I have been in a similar situation-DD a bit older, violent abusive partner, and pregnant. He lived at home with a difficult background but not on the scale you describe. At the time she got pregnant they lived with his mum, he had never had a job, no qualifications etc. He didn’t want the baby but stuck with DD (very much a double edged sword)

I work for a children’s charity (now, not then)

We decided to keep DD close-they moved in with us- we had more room. He was horrible. Abusive (also to me) but if we kicked him out, she would go too, and we wanted to make sure the baby and DD had support. After 2 years he was working, and they moved out together. 10 years on he has a steady job, they have another child, stable housing and he has changed a lot. He has learnt a lot. He is not violent.

I tell you this because if they want to, people can change. But also because whilst none of this is ideal, sometimes you have to work with what you have and just aim to keep your Dd and your grandchild as safe as you can. It’s likely if he gets accommodation, DD will go with him isn’t it? I’d try and keep them at home if you can. It’s safer for her.
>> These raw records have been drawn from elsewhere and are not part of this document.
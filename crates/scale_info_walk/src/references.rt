//! What a walk goes over: anything that has references at each of its indices.
ghost use Rattle.std.specs.Prelude.{◌≡◌, ◌<◌, ◌≤◌, ◌^◌, ◌++◌, ℕ, Some, None, OnOk, length};
ghost use Rattle.scale_info_numberings.specs.Systems.{Entry, System};
ghost use Rattle.scale_info_types.specs.Shapes as shapes;
ghost use Rattle.scale_info_walk.specs.SystemLaws.{nothing_past};
ghost use Rattle.scale_info_walk.specs.TypeSystems.{types_system};

use crate::refs::Refs;
use scale_info_types::ty::PortableType;
use std::alloc::{AllocError, Global};

/// Something that has references at each index from 0 up to a count: the entries of a table, or an
/// index of its bytes. A walk asks for nothing else.
///
/// Any type may implement it. An implementor states the system that it stands for, and owes the
/// contracts of both functions.
pub trait References {
    /// What stands at an index beside its references.
    ghost Shape: { Type 0 };

    /// What stands at each index.
    ghost system: { Self → System Shape ℕ };

    /// The number of indices.
    ghost count: { Self → ℕ };

    /// Nothing stands at what is no index.
    ghost outside: { (entries : Self) (id : ℕ) → count entries ≤ id → system entries id ≡ None };

    /// The number of indices.
    fn len(&self) -> usize
        ensures { result ≡ count self.now };

    /// Puts the references at an index before those that are left.
    ///
    /// Errors: `AllocError`, if an allocation failed.
    fn prepend_refs(&self, alloc: Global, id: u32, refs: &mut Refs) -> Result<(), AllocError>
        requires { id < count self.now }
        ensures refs { OnOk result ((d : Entry Shape ℕ) × (system self.now id ≡ Some d)
            × (refs.new ≡ d.refs ++ refs.old)) }
        ensures few { OnOk result (length refs.new < 2 ^ 63) };
}

/// The entries of a table, whose references are those of their descriptions.
#[derive(Drop)]
pub struct TypeReferences<'a> {
    /// The entries, by index.
    pub types: &'a [PortableType],
}

impl<'a> References for TypeReferences<'a> {
    ghost Shape = { shapes.Shape };

    ghost system = { λ entries. types_system entries.types.now };

    ghost count = { λ entries. length entries.types.now };

    ghost outside = { λ entries id past. nothing_past entries.types.now id past };

    fn len(&self) -> usize {
        self.types.len()
    }

    fn prepend_refs(&self, alloc: Global, id: u32, refs: &mut Refs) -> Result<(), AllocError> {
        refs.prepend_of(alloc, &self.types[id as usize].ty)
    }
}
As to housing, 16 year olds can leave home. However housing and benefits broadly start at 18. It’s right that you should talk to SS but I’m not sure they will give him somewhere safe to live (a hostel or similar when he is so vulnerable seems like a bad idea). And DD may go with him, with the baby.

Im not saying take him in it will be fine. I am saying, he is a vulnerable young man and your DD is tied to him. In similar circumstances I just tried to protect DD. It was horrid and many times I bloody hated him and her and was scared for all of us. For us, 10 years on, he isn’t brilliant but he is better than I imagined and a better dad than I thought possible. And the DGC I have such a special bond with, all those happy happy times with him as a baby are irreplaceable.

All this, you must do this and you must insist on that is great in theory but you cannot insist, you have no power here. Sometimes you just have to go with the flow and hope like hell. And sometimes it turns out ok. Best wishes to you all.

Oh bloody hell! Taking a violent abusive man into your house in the hope that it may all turn out right. I don't think OP should do this.

spoons123 · 02/08/2025 08:48

If I've understood the situation correctly, the daughter and her boyfriend have never been in a relationship as such and the baby is the result of a one-off event?

In which case, why would they want to move in together? That would be like an arranged marriage.

They can be good friends, respect and support each other and be loving co-parents without forcing themselves to be a couple.

OP, you could help and support the boyfriend to find his own place and welcome him into your home as a visitor and your grandchild's father. If, further down the line, the daughter and boyfriend decide there is love between them and they want to be together, it will happen naturally.

Dutchhouse14 · 02/08/2025 09:16

OK your priority has to be DD.
My heart goes out to this young lad, he's had a very tough upbringing and no wonder it has left emotional scars.
He does need support, counselling, security the question is how to achieve this?
I'm not an expert.
Are there any charities that support young people/offer advice?
Can social services help? Tbh it may have been better if he had been taken into care I guess they didn't as he was nearly 18.
He needs to go to the local council for housing advice and he should also go to GP to see if he can get some counselling.
You sound very very kind and you are stuck between a rock and a hard place, the motherly instinct would make we want to offer him a roof over his head support him. BUT a stronger motherly instinct would make me protective of DD, this relationship will be hard work and drag her down. Not through any fault of his own but because of the emotional issues he has understandably been left with due to his traumatic upbringing.
So I would be very reluctant to to offer him a permanent home as your first priority needs to be DD and DGS.
No easy solution, I really feel for you, DD and the boyfriend.